All of this has been floating in my head tonight because I'm severely bothered by the way that a lot of things are going. That the "best country in the world" the US of A is as bad as it is seems a bad sign to me. If this is the best, then we humans are doing something wrong.

My friends and I were biking throughout Davis and I kept grabbing my U Lock out of my back pocket and brandishing it. The heft felt good in my hands. The whole time I was worried about and wondering about police. The power that they had over me, the fact that they could call my holding of the ULock (a potential weapon) "Probable Cause" and theoretically kill me; all of that bothered me deeply.

There are hundreds of things wrong with modern policing, but I cannot say it as well as was done in "Our Enemies in Blue: Police and Power in America" The title is intentionally hyperbolic. The research is wonderful and the topic matter as important as this stuff gets.

The whole point here though is that I've been thinking politics and social organisation and the influence of capitalism on the media.

All of this was crystalised while we watched "The Motorcycle Diaries" it was good, and very affecting. Since then I've been looking for non-corporate news sources (much harder than it sounds) and have been thinking of how best to write the third part of my novella (which draws heavily from my organisational ideals).

I'm getting a bit to bleary eyed to continue on this topic, but It must be noted that one needs question the society in which they live.

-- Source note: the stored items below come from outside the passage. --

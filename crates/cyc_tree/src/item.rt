// The items of a program.

ghost use Rattle.std.specs.Prelude.{◌≡◌, IfOk};
ghost use Rattle.cyc_tree.specs.View.{program_tree};

use crate::name::{Name, RegionName, RegionNames, TypeName};
use crate::statement::BlockItem;
use smallvec::SmallVec;
use std::alloc::{AllocError, Global as Heap};
use std::default::MadeWith;
use std::marker::Model;
use std::rc::Rc;

/// The end of the text, as a place.
pub const END_OF_TEXT: u32 = u32::MAX;

/// A member of a struct or a union, or a parameter of a function.
#[derive(Drop)]
pub struct Member {
    pub of: TypeName,
    pub name: Name,
}

/// A struct or a tagged union: its tag, its region parameters and its members, in order.
pub struct Structure {
    /// The place of its first token.
    pub at: u32,
    pub tag: Name,
    pub regions: RegionNames,
    pub members: Vec<Member>,
}

// Written out, so that a caller's proof sees one call and not the drop of each field.
impl Drop for Structure {
    fn drop(self) {
        let Structure {
            at: _,
            tag: _tag,
            regions: _regions,
            members: _members,
        } = self;
    }
}

/// A constant. The first number is the place of its first token.
pub enum Constant {
    /// A number, and whether it has the suffix `u`.
    Number(u32, u32, bool),
    /// A number after `-`, and whether it has the suffix `u`.
    Negative(u32, u32, bool),
    Character(u32, u8),
    /// A string's bytes, without the final 0.
    Text(u32, Vec<u8>),
    /// `NULL`
    Null(u32),
}

// Written out, so that a caller's proof sees one call and not the drop of each field.
impl Drop for Constant {
    fn drop(self) {
        match self {
            Constant::Number(_, _, _) | Constant::Negative(_, _, _) => {}
            Constant::Character(_, _) | Constant::Null(_) => {}
            Constant::Text(_, _bytes) => {}
        }
    }
}

/// What a global begins with.
pub enum Initial {
    /// The beginning of its type.
    None,
    /// An array with this number of elements.
    Array(u32),
    Constant(Constant),
}

// Written out, so that a caller's proof sees one call and not the drop of each field.
impl Drop for Initial {
    fn drop(self) {
        match self {
            Initial::None | Initial::Array(_) => {}
            Initial::Constant(_constant) => {}
        }
    }
}

/// A global variable or array.
pub struct Global {
    pub of: TypeName,
    pub name: Name,
    pub initial: Initial,
}

// Written out, so that a caller's proof sees one call and not the drop of each field.
impl Drop for Global {
    fn drop(self) {
        let Global {
            of: _of,
            name: _name,
            initial: _initial,
        } = self;
    }
}

/// A bound of a function: the first region outlives the second.
#[derive(Drop)]
pub struct Bound {
    pub longer: RegionName,
    pub shorter: RegionName,
}

// What the places of a short list hold that no bound is in.
impl MadeWith<Heap> for Bound {
    fn made_with(alloc: Heap) -> Self {
        Bound {
            longer: RegionName::made_with(alloc),
            shorter: RegionName::made_with(alloc),
        }
    }
}

/// Bounds, in order. Two lie in the list itself, and more than two in an allocation.
pub type Bounds = SmallVec<Bound, 2>;

/// A function of the program.
pub struct Function {
    pub result: TypeName,
    pub name: Name,
    pub parameters: Vec<Member>,
    /// The effect, where one is written.
    pub effect: Option<RegionNames>,
    pub bounds: Bounds,
    pub body: Vec<BlockItem>,
    /// The place of the closing brace.
    pub end: u32,
}

// Written out, so that a caller's proof sees one call and not the drop of each field.
impl Drop for Function {
    fn drop(self) {
        let Function {
            result: _result,
            name: _name,
            parameters: _parameters,
            effect: _effect,
            bounds: _bounds,
            body: _body,
            end: _,
        } = self;
    }
}

/// An item of a program.
pub enum Item {
    Struct(Structure),
    Union(Structure),
    Global(Global),
    Function(Function),
}

// Written out, so that a caller's proof sees one call and not the drop of each field.
impl Drop for Item {
    fn drop(self) {
        match self {
            Item::Struct(_structure) | Item::Union(_structure) => {}
            Item::Global(_global) => {}
            Item::Function(_function) => {}
        }
    }
}

impl Item {
    ghost use Rattle.cyc_tree.specs.View.{program_item_tree};
    ghost use Rattle.cyc_tree.specs.Places.{item_place};

    /// The place of its first token.
    pub fn place(&self) -> u32
        ensures { result ≡ item_place (program_item_tree self.now) }
    {
        match self {
            Item::Struct(structure) | Item::Union(structure) => structure.at,
            Item::Global(global) => global.of.at,
            Item::Function(function) => function.result.at,
        }
    }
}

/// A program: its items, in order, which its clones share. A contract sees it as the pure tree of its items. As the tree of each text, it
/// has operands wherever an operator joins some, and a word counts the temporaries that its phrases take.
#[derive(Drop)]
pub struct Program {
    items: Rc<Vec<Item>>,
}

impl Model for Program {
    ghost use Rattle.cyc_tree.specs.Tree.{Program as Tree};
    ghost use Rattle.cyc_tree.specs.Stored.{coded_program};

    ghost Value = { Tree };

    ghost coded = { coded_program };

    ghost use Rattle.cyc_tree.specs.View.{program_tree};
    ghost use Rattle.std.specs.Prelude.{◌^◌, ◌<◌};
    ghost use Rattle.cyc_tree.specs.Operands.{HasOperands};
    ghost use Rattle.cyc_tree.specs.Room.{program_room};

    ghost view = { λ p. program_tree p.items.value.items };

    ghost invariant = { λ p. HasOperands (program_tree p.items.value.items) × (program_room (program_tree p.items.value.items) < 2 ^ 32) };
}

impl Program {
    ghost use Rattle.std.specs.Prelude.{◌^◌, ◌<◌};
    ghost use Rattle.cyc_tree.specs.Operands.{HasOperands};
    ghost use Rattle.cyc_tree.specs.Room.{program_room};

    /// The program of these items. An Err where no memory is left.
    pub fn new(alloc: Heap, items: Vec<Item>) -> Result<Program, AllocError>
        requires operands { HasOperands (program_tree items.items) }
        requires room { program_room (program_tree items.items) < 2 ^ 32 }
        ensures { IfOk result (λ program. program ≡ program_tree items.items) }
    {
        match Rc::new(alloc, items) {
            Ok(items) => Ok(Program { items }),
            Err(_) => Err(AllocError),
        }
    }

    /// The program's items, in order. An operator among them has its operands, and a word counts their temporaries.
    pub fn items(&self) -> &[Item]
        ensures same { program_tree result.now ≡ self.now }
        ensures operands { HasOperands self.now }
        ensures room { program_room self.now < 2 ^ 32 }
    {
        self.items.as_ref().as_slice()
    }
}

impl Clone for Program {
    ghost is_clone = { λ program copy. copy ≡ program };

    /// The same program, which shares its items. An Err where they are shared as often as can be counted.
    fn clone(&self) -> Result<Program, AllocError> {
        Ok(Program {
            items: self.items.clone()?,
        })
    }
}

Whatever one comes to is their own, but so many people don't do that. Things are good, or so they seem, because we've internalised so many of the control mechanisms.

Just think about how things work, and how you want to be involved in the processes. Do you vote, and if you do is there actually any efficacy in it? My ideas aren't well formed enough in this post for one to mull them over really well, but if you see something in them think of the organisations you are in and around; how are they changed when new people enter them, what are their core operating principles, and how do those principles differ from the stated principles?